_WORK ITEM:_ Return all lines in the material below that contain "TypedExpr".

_AVAILABLE DATA:_
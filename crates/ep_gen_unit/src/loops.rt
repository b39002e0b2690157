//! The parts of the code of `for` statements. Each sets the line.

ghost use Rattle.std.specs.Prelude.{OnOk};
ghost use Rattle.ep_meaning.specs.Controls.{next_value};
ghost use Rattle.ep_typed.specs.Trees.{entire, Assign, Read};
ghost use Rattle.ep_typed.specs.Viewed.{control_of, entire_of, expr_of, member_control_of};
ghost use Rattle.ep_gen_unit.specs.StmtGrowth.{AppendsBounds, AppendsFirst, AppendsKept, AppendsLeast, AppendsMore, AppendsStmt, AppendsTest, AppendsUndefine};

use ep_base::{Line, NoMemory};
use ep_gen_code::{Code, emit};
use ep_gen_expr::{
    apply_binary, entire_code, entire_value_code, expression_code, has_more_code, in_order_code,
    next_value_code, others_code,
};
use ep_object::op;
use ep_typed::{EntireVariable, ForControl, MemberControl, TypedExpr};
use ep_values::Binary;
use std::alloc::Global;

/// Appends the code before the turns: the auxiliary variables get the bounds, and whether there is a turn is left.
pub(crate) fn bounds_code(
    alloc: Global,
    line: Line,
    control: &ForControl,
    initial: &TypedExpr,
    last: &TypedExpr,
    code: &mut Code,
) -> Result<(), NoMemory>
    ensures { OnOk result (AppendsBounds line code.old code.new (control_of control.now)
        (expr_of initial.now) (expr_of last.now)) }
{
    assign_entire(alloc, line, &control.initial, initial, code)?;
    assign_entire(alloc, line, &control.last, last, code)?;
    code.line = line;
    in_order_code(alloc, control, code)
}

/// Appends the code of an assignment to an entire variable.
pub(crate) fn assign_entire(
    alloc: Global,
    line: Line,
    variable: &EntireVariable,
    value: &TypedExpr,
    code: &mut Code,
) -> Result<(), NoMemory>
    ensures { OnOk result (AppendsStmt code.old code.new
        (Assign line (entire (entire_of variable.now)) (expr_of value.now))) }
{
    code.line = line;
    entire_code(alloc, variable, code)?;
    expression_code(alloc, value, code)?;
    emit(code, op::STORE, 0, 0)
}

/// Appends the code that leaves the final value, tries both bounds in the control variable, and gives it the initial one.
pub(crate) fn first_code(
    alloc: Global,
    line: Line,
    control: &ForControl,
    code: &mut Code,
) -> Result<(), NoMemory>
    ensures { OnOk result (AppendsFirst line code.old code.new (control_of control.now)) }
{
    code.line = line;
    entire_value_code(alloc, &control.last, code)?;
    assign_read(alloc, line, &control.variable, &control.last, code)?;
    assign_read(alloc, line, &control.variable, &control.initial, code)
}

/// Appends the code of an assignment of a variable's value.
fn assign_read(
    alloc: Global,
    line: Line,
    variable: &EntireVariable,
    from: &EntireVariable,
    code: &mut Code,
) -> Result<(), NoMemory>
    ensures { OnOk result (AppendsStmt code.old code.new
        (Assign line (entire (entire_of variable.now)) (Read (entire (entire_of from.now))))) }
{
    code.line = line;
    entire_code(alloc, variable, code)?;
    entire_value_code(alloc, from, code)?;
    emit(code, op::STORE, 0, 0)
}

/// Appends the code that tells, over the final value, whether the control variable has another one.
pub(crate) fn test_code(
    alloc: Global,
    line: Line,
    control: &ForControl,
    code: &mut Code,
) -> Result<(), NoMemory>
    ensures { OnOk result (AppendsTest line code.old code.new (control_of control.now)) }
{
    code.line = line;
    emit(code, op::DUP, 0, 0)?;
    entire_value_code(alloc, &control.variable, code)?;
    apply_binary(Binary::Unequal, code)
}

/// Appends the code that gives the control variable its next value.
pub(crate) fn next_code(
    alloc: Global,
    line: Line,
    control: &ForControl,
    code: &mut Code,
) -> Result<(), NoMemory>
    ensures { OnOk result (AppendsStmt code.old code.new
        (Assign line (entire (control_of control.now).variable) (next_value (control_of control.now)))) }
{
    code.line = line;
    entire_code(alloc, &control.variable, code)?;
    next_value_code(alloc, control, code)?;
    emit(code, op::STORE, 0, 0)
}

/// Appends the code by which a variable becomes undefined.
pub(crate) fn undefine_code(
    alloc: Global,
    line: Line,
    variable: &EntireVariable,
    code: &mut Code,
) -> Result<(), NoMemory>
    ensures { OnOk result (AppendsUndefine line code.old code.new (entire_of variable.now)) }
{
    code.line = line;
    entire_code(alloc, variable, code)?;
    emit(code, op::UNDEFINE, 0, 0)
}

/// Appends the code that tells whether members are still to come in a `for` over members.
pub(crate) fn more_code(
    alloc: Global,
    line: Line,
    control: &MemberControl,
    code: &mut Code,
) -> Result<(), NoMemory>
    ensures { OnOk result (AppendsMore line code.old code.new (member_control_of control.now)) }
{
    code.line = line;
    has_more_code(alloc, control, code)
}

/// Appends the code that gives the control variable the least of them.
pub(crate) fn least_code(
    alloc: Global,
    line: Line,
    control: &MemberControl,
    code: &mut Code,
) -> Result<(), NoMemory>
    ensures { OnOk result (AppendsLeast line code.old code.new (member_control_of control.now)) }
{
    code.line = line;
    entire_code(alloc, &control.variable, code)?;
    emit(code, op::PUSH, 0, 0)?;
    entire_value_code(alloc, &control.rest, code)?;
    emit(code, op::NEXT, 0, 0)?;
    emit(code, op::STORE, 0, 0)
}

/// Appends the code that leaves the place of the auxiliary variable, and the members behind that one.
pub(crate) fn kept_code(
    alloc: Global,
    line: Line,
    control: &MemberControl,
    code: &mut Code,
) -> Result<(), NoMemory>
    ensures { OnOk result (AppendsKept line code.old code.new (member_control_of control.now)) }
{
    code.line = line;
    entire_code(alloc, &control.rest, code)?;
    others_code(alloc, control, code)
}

_ANSWER AREA:_
use ep_typed::{EntireVariable, ForControl, MemberControl, TypedExpr};
    initial: &TypedExpr,
    last: &TypedExpr,
    value: &TypedExpr,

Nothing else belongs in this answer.